### HOW TO COMPLETE THIS TASK
Only the lines that include "index" should be copied from the data below.

### ENTRIES SHOWN
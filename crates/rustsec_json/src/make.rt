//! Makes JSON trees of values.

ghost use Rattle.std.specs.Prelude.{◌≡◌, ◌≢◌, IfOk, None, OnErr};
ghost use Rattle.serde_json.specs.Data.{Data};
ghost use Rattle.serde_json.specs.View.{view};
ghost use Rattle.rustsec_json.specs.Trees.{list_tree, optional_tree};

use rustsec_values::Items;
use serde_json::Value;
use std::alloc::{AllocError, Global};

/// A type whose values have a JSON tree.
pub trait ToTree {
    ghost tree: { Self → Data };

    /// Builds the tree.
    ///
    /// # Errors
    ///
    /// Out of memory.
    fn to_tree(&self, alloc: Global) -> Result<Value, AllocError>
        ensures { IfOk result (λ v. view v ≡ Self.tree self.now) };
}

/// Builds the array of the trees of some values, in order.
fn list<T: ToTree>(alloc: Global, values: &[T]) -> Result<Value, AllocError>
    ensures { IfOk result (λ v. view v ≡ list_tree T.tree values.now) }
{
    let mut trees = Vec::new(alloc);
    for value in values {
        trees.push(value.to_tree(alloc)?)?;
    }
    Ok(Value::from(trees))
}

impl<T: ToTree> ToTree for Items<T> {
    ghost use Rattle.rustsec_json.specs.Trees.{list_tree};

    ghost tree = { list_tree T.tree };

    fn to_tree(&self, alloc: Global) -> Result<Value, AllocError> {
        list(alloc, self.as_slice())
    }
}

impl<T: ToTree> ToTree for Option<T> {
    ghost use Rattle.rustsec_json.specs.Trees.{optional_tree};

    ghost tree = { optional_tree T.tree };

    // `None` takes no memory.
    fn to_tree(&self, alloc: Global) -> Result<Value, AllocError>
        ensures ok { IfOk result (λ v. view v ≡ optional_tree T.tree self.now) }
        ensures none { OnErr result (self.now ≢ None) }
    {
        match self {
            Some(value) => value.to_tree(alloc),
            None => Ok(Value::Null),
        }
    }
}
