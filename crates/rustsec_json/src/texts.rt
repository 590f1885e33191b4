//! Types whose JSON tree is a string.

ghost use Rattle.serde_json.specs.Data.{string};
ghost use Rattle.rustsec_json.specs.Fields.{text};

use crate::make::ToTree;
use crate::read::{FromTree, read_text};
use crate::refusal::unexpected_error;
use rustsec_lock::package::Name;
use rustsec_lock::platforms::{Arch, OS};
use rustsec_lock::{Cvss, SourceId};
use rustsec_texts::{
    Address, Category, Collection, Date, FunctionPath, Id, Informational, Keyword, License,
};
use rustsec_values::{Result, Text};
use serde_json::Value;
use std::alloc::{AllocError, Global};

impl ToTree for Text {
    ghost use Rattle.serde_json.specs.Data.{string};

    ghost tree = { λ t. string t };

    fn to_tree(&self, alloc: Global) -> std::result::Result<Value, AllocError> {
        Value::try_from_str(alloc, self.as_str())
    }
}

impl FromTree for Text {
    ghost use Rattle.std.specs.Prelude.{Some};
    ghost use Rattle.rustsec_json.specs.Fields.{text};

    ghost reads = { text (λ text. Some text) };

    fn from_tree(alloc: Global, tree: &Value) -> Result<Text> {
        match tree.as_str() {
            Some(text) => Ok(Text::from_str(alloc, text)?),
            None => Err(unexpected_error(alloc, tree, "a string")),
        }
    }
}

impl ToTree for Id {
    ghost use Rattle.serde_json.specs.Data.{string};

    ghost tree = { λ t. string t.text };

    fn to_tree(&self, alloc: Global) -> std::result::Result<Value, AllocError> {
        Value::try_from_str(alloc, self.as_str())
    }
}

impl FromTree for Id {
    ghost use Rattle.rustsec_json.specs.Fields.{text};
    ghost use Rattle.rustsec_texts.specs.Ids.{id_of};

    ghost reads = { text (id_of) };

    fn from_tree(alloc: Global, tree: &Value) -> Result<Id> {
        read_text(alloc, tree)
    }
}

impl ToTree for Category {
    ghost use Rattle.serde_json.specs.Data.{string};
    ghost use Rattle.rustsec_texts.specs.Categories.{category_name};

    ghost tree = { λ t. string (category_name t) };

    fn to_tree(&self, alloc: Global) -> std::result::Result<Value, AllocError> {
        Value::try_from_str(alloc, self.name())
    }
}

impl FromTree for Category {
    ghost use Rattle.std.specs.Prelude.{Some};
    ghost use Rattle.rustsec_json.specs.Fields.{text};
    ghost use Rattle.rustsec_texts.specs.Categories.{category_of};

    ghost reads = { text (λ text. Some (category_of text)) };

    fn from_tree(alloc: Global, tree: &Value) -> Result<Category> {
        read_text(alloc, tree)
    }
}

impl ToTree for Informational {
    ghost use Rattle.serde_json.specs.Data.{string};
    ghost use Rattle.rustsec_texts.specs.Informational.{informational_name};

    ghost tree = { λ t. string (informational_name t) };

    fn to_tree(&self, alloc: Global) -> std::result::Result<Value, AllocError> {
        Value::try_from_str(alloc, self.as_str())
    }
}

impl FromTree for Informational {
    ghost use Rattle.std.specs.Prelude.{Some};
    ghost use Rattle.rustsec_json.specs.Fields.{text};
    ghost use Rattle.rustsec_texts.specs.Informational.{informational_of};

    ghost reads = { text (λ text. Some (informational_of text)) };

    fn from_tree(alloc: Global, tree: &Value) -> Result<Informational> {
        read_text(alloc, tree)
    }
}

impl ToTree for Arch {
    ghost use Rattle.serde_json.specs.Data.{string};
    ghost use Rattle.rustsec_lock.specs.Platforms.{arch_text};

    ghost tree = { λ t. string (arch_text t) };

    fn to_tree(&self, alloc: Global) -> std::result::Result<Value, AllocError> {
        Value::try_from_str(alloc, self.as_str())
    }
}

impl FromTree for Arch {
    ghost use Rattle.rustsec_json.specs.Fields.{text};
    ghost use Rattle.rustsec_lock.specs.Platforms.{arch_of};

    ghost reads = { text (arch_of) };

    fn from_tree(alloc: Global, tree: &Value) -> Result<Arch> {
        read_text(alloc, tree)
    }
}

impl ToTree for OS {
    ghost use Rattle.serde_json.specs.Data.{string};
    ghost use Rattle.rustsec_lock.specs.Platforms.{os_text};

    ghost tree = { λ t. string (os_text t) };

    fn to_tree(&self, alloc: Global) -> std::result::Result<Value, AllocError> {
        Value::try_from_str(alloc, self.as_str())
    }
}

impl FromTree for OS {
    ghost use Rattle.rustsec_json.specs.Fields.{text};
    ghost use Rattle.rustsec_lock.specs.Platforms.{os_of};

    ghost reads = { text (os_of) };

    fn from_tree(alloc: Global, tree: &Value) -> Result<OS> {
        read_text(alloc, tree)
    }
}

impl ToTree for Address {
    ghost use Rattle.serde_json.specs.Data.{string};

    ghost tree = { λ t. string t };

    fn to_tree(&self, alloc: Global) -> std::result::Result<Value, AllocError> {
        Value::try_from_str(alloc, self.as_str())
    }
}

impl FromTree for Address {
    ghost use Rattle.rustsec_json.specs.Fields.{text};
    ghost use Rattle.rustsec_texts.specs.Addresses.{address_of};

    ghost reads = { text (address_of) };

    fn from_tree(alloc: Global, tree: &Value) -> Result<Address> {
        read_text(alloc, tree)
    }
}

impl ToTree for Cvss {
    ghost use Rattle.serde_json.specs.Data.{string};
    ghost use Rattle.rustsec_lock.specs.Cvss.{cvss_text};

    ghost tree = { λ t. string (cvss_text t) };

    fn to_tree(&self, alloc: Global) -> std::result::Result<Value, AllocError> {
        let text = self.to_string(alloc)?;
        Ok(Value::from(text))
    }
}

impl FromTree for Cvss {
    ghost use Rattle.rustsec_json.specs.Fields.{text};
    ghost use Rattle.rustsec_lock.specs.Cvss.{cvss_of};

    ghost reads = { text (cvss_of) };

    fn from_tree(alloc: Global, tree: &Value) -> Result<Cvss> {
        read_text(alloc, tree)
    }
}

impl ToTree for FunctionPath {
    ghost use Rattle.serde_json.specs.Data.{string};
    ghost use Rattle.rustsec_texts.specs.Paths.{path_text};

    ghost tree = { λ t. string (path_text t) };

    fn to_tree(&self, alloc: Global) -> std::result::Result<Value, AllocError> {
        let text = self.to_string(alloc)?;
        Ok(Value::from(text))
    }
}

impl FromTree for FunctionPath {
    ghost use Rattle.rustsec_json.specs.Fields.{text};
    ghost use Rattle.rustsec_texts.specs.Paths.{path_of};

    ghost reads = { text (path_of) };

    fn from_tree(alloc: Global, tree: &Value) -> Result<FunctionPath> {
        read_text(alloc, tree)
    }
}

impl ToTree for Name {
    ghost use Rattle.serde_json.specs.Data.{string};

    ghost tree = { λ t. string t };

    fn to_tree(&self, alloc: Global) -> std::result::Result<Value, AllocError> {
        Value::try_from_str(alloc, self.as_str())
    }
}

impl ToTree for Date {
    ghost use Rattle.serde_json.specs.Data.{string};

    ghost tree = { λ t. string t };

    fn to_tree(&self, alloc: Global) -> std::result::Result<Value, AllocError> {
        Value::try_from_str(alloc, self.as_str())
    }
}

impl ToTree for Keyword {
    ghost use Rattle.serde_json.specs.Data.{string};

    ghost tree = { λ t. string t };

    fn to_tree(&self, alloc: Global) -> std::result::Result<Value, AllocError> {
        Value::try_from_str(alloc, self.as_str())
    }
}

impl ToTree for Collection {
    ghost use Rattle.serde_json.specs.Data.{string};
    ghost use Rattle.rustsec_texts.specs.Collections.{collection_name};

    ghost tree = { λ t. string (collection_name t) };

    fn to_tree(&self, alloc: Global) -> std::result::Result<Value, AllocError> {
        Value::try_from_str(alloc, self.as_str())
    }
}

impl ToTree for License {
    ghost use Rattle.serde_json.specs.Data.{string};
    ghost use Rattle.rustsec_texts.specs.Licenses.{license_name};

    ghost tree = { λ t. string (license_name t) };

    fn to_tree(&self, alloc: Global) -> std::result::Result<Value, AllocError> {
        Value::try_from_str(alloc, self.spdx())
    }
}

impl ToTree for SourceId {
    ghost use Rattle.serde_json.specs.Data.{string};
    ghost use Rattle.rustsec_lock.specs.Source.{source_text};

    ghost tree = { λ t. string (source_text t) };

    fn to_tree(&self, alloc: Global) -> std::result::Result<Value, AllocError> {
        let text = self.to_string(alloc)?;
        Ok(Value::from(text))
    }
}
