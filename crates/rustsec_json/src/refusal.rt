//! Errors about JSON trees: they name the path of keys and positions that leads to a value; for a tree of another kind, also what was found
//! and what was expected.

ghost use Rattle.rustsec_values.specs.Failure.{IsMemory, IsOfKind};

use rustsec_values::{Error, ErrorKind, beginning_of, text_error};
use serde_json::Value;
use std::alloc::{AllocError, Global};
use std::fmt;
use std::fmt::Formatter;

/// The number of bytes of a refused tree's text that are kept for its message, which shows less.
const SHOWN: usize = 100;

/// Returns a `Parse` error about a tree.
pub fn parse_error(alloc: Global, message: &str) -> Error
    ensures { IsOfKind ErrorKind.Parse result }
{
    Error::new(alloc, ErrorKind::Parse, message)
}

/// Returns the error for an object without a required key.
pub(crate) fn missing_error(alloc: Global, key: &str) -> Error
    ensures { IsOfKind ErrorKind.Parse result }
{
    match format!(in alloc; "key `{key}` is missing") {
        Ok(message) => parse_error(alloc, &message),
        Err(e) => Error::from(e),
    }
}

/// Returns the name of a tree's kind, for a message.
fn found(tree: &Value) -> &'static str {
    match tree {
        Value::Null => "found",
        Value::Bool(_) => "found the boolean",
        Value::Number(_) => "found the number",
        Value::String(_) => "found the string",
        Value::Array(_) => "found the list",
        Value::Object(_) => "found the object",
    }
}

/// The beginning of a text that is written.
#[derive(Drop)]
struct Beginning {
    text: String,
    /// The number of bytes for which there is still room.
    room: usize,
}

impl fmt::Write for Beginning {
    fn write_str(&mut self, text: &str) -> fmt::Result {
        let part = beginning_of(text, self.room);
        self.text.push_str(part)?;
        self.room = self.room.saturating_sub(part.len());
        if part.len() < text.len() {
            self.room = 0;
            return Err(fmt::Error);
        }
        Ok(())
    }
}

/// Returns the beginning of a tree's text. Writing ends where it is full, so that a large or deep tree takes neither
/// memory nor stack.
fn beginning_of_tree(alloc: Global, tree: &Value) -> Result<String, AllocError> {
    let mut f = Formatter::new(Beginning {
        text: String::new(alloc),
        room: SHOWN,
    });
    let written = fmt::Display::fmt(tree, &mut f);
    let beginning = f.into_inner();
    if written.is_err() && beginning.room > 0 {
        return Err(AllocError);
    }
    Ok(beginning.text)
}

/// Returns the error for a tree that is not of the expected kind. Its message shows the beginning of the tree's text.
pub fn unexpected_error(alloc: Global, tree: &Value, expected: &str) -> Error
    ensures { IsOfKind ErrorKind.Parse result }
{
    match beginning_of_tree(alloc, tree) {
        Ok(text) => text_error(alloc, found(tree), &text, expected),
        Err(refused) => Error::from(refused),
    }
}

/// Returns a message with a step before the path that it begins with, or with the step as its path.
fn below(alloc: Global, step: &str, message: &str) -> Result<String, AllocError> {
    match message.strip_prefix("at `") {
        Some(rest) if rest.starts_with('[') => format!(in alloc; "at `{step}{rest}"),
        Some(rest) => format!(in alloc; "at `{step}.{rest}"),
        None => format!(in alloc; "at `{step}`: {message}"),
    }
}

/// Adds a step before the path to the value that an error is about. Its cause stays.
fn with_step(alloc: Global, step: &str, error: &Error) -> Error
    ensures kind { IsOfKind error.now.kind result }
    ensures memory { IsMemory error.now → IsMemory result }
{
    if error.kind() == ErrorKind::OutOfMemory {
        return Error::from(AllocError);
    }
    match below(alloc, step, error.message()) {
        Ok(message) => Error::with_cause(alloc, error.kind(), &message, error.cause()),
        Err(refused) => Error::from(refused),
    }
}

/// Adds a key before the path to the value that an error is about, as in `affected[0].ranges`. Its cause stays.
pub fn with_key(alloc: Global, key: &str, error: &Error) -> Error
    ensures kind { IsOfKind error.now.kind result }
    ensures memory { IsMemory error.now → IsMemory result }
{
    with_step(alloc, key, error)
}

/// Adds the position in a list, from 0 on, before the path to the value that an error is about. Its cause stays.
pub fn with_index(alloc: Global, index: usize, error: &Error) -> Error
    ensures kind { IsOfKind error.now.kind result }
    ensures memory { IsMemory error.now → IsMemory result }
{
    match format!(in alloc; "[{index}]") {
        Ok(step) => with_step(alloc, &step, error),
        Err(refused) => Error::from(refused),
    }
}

### RESPONSE TO THE TASK
pub fn with_index(alloc: Global, index: usize, error: &Error) -> Error
    match format!(in alloc; "[{index}]") {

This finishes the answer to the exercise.